You'll need to enforce authentication on client and server. If you're building a React app you're likely doing SPA. Since SPA doesn't route via server you'll need to add logic for "authentication" on the client side routes. How you do that in React I don't know as I don't use that framework.
On the server side the Authorize
attribute on controllers/actions will trigger a challenge if not authenticated. To configure that it depends on the version of the framework you're using. To be honest this is fully documented online so repeating it here isn't that useful. Just read the docs. It is also going to be dependent upon what you're using to authenticate (AD, OpenID, etc).

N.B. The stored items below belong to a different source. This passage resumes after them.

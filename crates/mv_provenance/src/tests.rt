ghost use Rattle.std.specs.Prelude.{◌≡◌, ◌≤◌, ◌++◌, ℕ, List, length, OnOk};
ghost use Rattle.mv_provenance.specs.Lines.{line};

use super::*;
use mv_dpb::Shown;
use mv_io::{MemSink, Sink};
use mv_rebuild::{PicStart, Rebuild, RefKind, ViewFailed, Viewer};
use sha2::{Digest, Sha256};
use std::alloc::{AllocError, Global};
use std::test::Fail;

// The payloads of a picture's parameter sets.
struct Sets {
    vps: &'static [u8],
    sps: &'static [u8],
    pps: &'static [u8],
}

// A picture, by what it is made of: its layer, which is also its view, its count, the number of its parameter sets, its
// references by their numbers in the table, its one segment, and its list 0. The first four are those of a stream of two views.
// Their digests were computed by a program of its own, by which those of the others, and many more, come out as they were given.
struct Row {
    sequence: u64,
    layer: u8,
    count: i32,
    sets: usize,
    references: &'static [(RefKind, usize)],
    unit: &'static [u8],
    list: &'static [u8],
    digest1: &'static str,
    digest2: &'static str,
}

// The payloads of the parameter sets of the two views, and of a stream of one view.
static SETS: [Sets; 3] = [
    Sets {
        vps: &[
            0x0C, 0x11, 0xFF, 0xFF, 0x01, 0x60, 0x00, 0x00, 0x00, 0x90, 0x00, 0x00, 0x00, 0x00,
            0x00, 0x5D, 0xAC, 0x15, 0xBF, 0x5D, 0x20, 0x00, 0x04, 0x59, 0x70, 0x60, 0x20, 0x00,
            0x00, 0x09, 0x00, 0x00, 0x00, 0x00, 0x00, 0x05, 0xD8, 0xD0, 0x04, 0x00, 0x04, 0x0A,
            0x00, 0x89, 0x7D, 0x20,
        ],
        sps: &[
            0x01, 0x01, 0x60, 0x00, 0x00, 0x00, 0x90, 0x00, 0x00, 0x00, 0x00, 0x00, 0x5D, 0xA0,
            0x20, 0x81, 0x05, 0xEB, 0xAB, 0xC2, 0x08,
        ],
        pps: &[0xC0, 0x71, 0x80, 0x12],
    },
    Sets {
        vps: &[
            0x0C, 0x11, 0xFF, 0xFF, 0x01, 0x60, 0x00, 0x00, 0x00, 0x90, 0x00, 0x00, 0x00, 0x00,
            0x00, 0x5D, 0xAC, 0x15, 0xBF, 0x5D, 0x20, 0x00, 0x04, 0x59, 0x70, 0x60, 0x20, 0x00,
            0x00, 0x09, 0x00, 0x00, 0x00, 0x00, 0x00, 0x05, 0xD8, 0xD0, 0x04, 0x00, 0x04, 0x0A,
            0x00, 0x89, 0x7D, 0x20,
        ],
        sps: &[0x0E, 0x9A, 0xBC, 0x21, 0x40, 0x40],
        pps: &[0x48, 0x07, 0x18, 0x01, 0x20],
    },
    Sets {
        vps: &[
            0x0C, 0x01, 0x00, 0x00, 0x06, 0x74, 0x6F, 0x23, 0x3B, 0xBF, 0xFF, 0xFF, 0xFF, 0xFF,
            0xFF, 0xFF, 0x93, 0x0F, 0xFF, 0xFF, 0xFF, 0xFF, 0x6F, 0x09, 0xD2, 0x48, 0x21, 0x01,
            0x40,
        ],
        sps: &[
            0x00, 0xDC, 0xFF, 0xFF, 0xFF, 0xFF, 0x47, 0x8D, 0x74, 0xD5, 0x08, 0xE2, 0x00, 0xB1,
            0x22, 0x72, 0x59, 0x84, 0xE5, 0x49, 0x44, 0x28, 0x86, 0x3A, 0x6A, 0xB9, 0xA2, 0x49,
            0xCD, 0xA6, 0x4D, 0x76, 0x1C, 0x94, 0x76, 0x51, 0xAA, 0x48, 0x71, 0xAA, 0x0C, 0x37,
            0x67,
        ],
        pps: &[0x26, 0x2A, 0x1E, 0x30, 0x88, 0x88, 0xB0, 0x0A, 0x40],
    },
];

static ROWS: [Row; 6] = [
    Row {
        sequence: 0,
        layer: 0,
        count: 0,
        sets: 0,
        references: &[],
        unit: &[0x26, 0x01, 0xAF, 0xD0],
        list: &[],
        digest1: "811643bee419b5105edf7358441135e3dda6f03def2a6739e467f9e00fbf2bcf",
        digest2: "958876691767260ff04c60423751bcba01382cca577b36b079ef0beecf8e5a03",
    },
    Row {
        sequence: 0,
        layer: 1,
        count: 0,
        sets: 1,
        references: &[(RefKind::InterZero, 0)],
        unit: &[0x26, 0x09, 0x92, 0x07, 0xD1],
        list: &[0],
        digest1: "45063404c6cb2f6553dd096cabe7b460d441bbe4921fda0ac66263b171638353",
        digest2: "e60d46eaf9c9463e68bd48b39c2740aa65bd150fcf9d8f5c856b776f8d98ef94",
    },
    Row {
        sequence: 0,
        layer: 0,
        count: 1,
        sets: 0,
        references: &[(RefKind::Before, 0)],
        unit: &[0x02, 0x01, 0xD0, 0x97, 0x70, 0xD2],
        list: &[0],
        digest1: "5d827eca64beae784b3fb0fb433de9a78f2afd721b1cd89b2fca43f69b263a4f",
        digest2: "a941caace9c822b999fdc9897ab9d79ebf98844a3ec3200d291dbc0a90cf0194",
    },
    Row {
        sequence: 0,
        layer: 1,
        count: 1,
        sets: 1,
        references: &[(RefKind::Before, 1), (RefKind::InterZero, 2)],
        unit: &[0x02, 0x09, 0xA4, 0x25, 0xEB, 0x80, 0xD3],
        list: &[0, 1],
        digest1: "b3007e4c49af2f0fb084f2d2e0e1ea1fe2b467751f6a5c0428ba14c2a898f41a",
        digest2: "4010415d6713a284f948bd1e11bdffad28dbd17ed9d9bbc00b4d0e4dbbf97109",
    },
    Row {
        sequence: 1,
        layer: 0,
        count: 0,
        sets: 2,
        references: &[],
        unit: &[0x26, 0x01, 0xC9, 0x63, 0x18, 0xE0],
        list: &[],
        digest1: "4d7846ab1cc0578694e56ff5acbef7fbb6282cf2f11428be8a6765fec090337c",
        digest2: "e2b8b9552c7ab8209b4053432970f29f3db007d5a8106f7eb17500ef96da30ca",
    },
    Row {
        sequence: 1,
        layer: 0,
        count: 2,
        sets: 2,
        references: &[(RefKind::Before, 4)],
        unit: &[
            0x02, 0x01, 0x92, 0x88, 0x55, 0xE6, 0x71, 0xAE, 0x00, 0x00, 0x03, 0x01, 0x1B, 0xDD,
            0x01,
        ],
        list: &[0, 0],
        digest1: "ac4890f05398bccbe43cf48352c8b52d226b588ceb32994b399b3899626a0de6",
        digest2: "fc7338afaf50386684a8f8dbad1a92cb8404c535a5529f124f8389bd3b6a6a65",
    },
];

// The bytes in format 2 of the first two pictures.
static FIRST: [u8; 108] = [
    0x6D, 0x76, 0x70, 0x32, 0x00, 0x00, 0x00, 0x00, 0x00, 0x00, 0x00, 0x00, 0x00, 0x00, 0x00, 0x00,
    0x2E, 0x0C, 0x11, 0xFF, 0xFF, 0x01, 0x60, 0x00, 0x00, 0x00, 0x90, 0x00, 0x00, 0x00, 0x00, 0x00,
    0x5D, 0xAC, 0x15, 0xBF, 0x5D, 0x20, 0x00, 0x04, 0x59, 0x70, 0x60, 0x20, 0x00, 0x00, 0x09, 0x00,
    0x00, 0x00, 0x00, 0x00, 0x05, 0xD8, 0xD0, 0x04, 0x00, 0x04, 0x0A, 0x00, 0x89, 0x7D, 0x20, 0x00,
    0x00, 0x00, 0x15, 0x01, 0x01, 0x60, 0x00, 0x00, 0x00, 0x90, 0x00, 0x00, 0x00, 0x00, 0x00, 0x5D,
    0xA0, 0x20, 0x81, 0x05, 0xEB, 0xAB, 0xC2, 0x08, 0x00, 0x00, 0x00, 0x04, 0xC0, 0x71, 0x80, 0x12,
    0x02, 0x00, 0x00, 0x00, 0x04, 0x26, 0x01, 0xAF, 0xD0, 0x00, 0x00, 0x03,
];

static SECOND: [u8; 139] = [
    0x6D, 0x76, 0x70, 0x32, 0x01, 0x00, 0x00, 0x00, 0x01, 0x00, 0x00, 0x00, 0x00, 0x00, 0x00, 0x00,
    0x2E, 0x0C, 0x11, 0xFF, 0xFF, 0x01, 0x60, 0x00, 0x00, 0x00, 0x90, 0x00, 0x00, 0x00, 0x00, 0x00,
    0x5D, 0xAC, 0x15, 0xBF, 0x5D, 0x20, 0x00, 0x04, 0x59, 0x70, 0x60, 0x20, 0x00, 0x00, 0x09, 0x00,
    0x00, 0x00, 0x00, 0x00, 0x05, 0xD8, 0xD0, 0x04, 0x00, 0x04, 0x0A, 0x00, 0x89, 0x7D, 0x20, 0x00,
    0x00, 0x00, 0x06, 0x0E, 0x9A, 0xBC, 0x21, 0x40, 0x40, 0x00, 0x00, 0x00, 0x05, 0x48, 0x07, 0x18,
    0x01, 0x20, 0x01, 0x03, 0x01, 0x00, 0x00, 0x00, 0x00, 0x00, 0x00, 0x00, 0x00, 0x95, 0x88, 0x76,
    0x69, 0x17, 0x67, 0x26, 0x0F, 0xF0, 0x4C, 0x60, 0x42, 0x37, 0x51, 0xBC, 0xBA, 0x01, 0x38, 0x2C,
    0xCA, 0x57, 0x7B, 0x36, 0xB0, 0x79, 0xEF, 0x0B, 0xEE, 0xCF, 0x8E, 0x5A, 0x03, 0x02, 0x00, 0x00,
    0x00, 0x05, 0x26, 0x09, 0x92, 0x07, 0xD1, 0x01, 0x00, 0x00, 0x03,
];

static LINES: &str = "pic 0 0 0 811643bee419b5105edf7358441135e3dda6f03def2a6739e467f9e00fbf2bcf\n\
pic 0 0 1 45063404c6cb2f6553dd096cabe7b460d441bbe4921fda0ac66263b171638353\n\
pic 0 1 0 5d827eca64beae784b3fb0fb433de9a78f2afd721b1cd89b2fca43f69b263a4f\n\
pic 0 1 1 b3007e4c49af2f0fb084f2d2e0e1ea1fe2b467751f6a5c0428ba14c2a898f41a\n\
pic 1 0 0 4d7846ab1cc0578694e56ff5acbef7fbb6282cf2f11428be8a6765fec090337c\n\
pic 1 2 0 ac4890f05398bccbe43cf48352c8b52d226b588ceb32994b399b3899626a0de6\n";

static SUM1: &str = "195dd8f290dc97c496d17e823e63fc508d160f59224ec5c340df6fb5258c3d49";

static SUM2: &str = "5352e3db6bd05bea4e021338e3f8a21208637db46d9190bf0024deab5ebb3494";

// The pictures of the table, in its order.
fn pictures<R: Rebuild>(alloc: Global, rebuild: &R) -> Result<Vec<R::Pic>, AllocError> {
    let mut pictures: Vec<R::Pic> = Vec::new(alloc);
    for row in &ROWS {
        let picture = picture(alloc, rebuild, row, &pictures)?;
        pictures.push(picture)?;
    }
    Ok(pictures)
}

fn picture<R: Rebuild>(
    alloc: Global,
    rebuild: &R,
    row: &Row,
    earlier: &[R::Pic],
) -> Result<R::Pic, AllocError> {
    let mut work = begun(alloc, rebuild, row)?;
    for (kind, number) in row.references {
        if let Some(pic) = earlier.get(*number) {
            rebuild.refer(alloc, &mut work, *kind, pic)?;
        }
    }
    rebuild.slice(
        alloc,
        &mut work,
        first(row.unit, 100),
        first(row.list, 15),
        &[],
    )?;
    rebuild.finish(alloc, work)
}

fn begun<R: Rebuild>(alloc: Global, rebuild: &R, row: &Row) -> Result<R::Work, AllocError> {
    let sets = &SETS[row.sets % 3];
    rebuild.start(
        alloc,
        &PicStart {
            layer: row.layer,
            view: row.layer as u32,
            count: row.count,
            vps: first(sets.vps, 100),
            sps: first(sets.sps, 100),
            pps: first(sets.pps, 100),
        },
    )
}

// The first bytes, at most so many.
fn first(bytes: &[u8], count: usize) -> &[u8]
    ensures { length result.now ≤ count }
{
    &bytes[..bytes.len().min(count)]
}

fn show_all<P, V: Viewer<P>>(viewer: &mut V, pictures: &[P]) -> Result<(), ViewFailed>
    ensures same { V.viewing.name viewer.new ≡ V.viewing.name viewer.old }
{
    for (row, picture) in ROWS.iter().zip(pictures) {
        let shown = Shown {
            sequence: row.sequence,
            count: row.count,
            layer: row.layer,
            view: row.layer as u32,
        };
        match viewer.show(&shown, picture) {
            Ok(()) => {}
            Err(failed) => return Err(failed),
        }
    }
    Ok(())
}

// Writes the line of one picture, and lets the viewer go.
fn write_one<K: Sink>(sink: &mut K, shown: &Shown, picture: &Digest2) -> Result<(), ViewFailed>
    ensures written { (before : List ℕ) → (K.state sink.old).taken ≡ Some before →
        OnOk result ((K.state sink.new).taken ≡ Some (before ++ line shown.now picture.now.bytes)) }
{
    let mut viewer = DigestViewer::new(sink);
    viewer.show(shown, picture)
}

#[test]
fn digests_bind_what_pictures_are_made_of(rt: HostRuntime) -> Result<(), Fail> {
    let alloc = rt.alloc();
    let first = pictures(alloc, &DigestRebuild)?;
    let second = pictures(alloc, &DigestRebuild2)?;
    assert_eq!(rt; first.len(), 6);
    assert_eq!(rt; second.len(), 6);
    for (row, picture) in ROWS.iter().zip(&first) {
        assert_eq!(rt; hex::encode(alloc, &picture.bytes)?.as_str(), row.digest1);
    }
    for (row, picture) in ROWS.iter().zip(&second) {
        assert_eq!(rt; hex::encode(alloc, &picture.bytes)?.as_str(), row.digest2);
        assert_eq!(rt; picture.view, row.layer as u32);
        assert_eq!(rt; picture.count, row.count);
    }
    assert!(rt; Sha256::digest(&FIRST) == second[0].bytes);
    assert!(rt; Sha256::digest(&SECOND) == second[1].bytes);
    Ok(())
}

#[test]
fn viewers_write_and_sum_lines(rt: HostRuntime) -> Result<(), Fail> {
    let alloc = rt.alloc();
    let first = pictures(alloc, &DigestRebuild)?;
    let second = pictures(alloc, &DigestRebuild2)?;
    let mut sink = MemSink::new(alloc, 1000, &[6])?;
    {
        let mut viewer = DigestViewer::new(&mut sink);
        assert!(rt; show_all(&mut viewer, &first).is_ok());
        assert!(rt; show_all(&mut viewer, &second).is_err());
    }
    assert_eq!(rt; sink.bytes(), LINES.as_bytes());
    let mut sum = SumViewer::new();
    assert!(rt; show_all(&mut sum, &first).is_ok());
    assert_eq!(rt; hex::encode(alloc, &sum.finish())?.as_str(), SUM1);
    let mut sum = SumViewer::new();
    assert!(rt; show_all(&mut sum, &second).is_ok());
    assert_eq!(rt; hex::encode(alloc, &sum.finish())?.as_str(), SUM2);
    Ok(())
}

The easiest way to get the server side code is to create a new ASP.NET Core app using the same template and version that your actual app is using. As part of the creation it has an option to use authentication. Select that option and to use individual accounts. It'll auto-generate the necessary code. That code will reside in startup.cs
. Within the Startup
class are the 2 Configure
methods. The Configure
method sets up the middleware and adds authentication/authorization via UseAuthentication
and UseAuthorization
. IIRC these don't have to be modified and can be dropped into your actual app.
The ConfigureServices
method is what configures things and will also have a call to configure the authentication. It is here that you'll specify what authentication you use (OpenID, AD, etc) and configure the provider. It is within the (authentication type-specific) options passed to the configuration method where you'll specify things like redirect URL, cookie names, etc. Refer to the docs for the provider you're using as to what all the options mean. OpenID is pretty consistent but other providers probably use different terminology.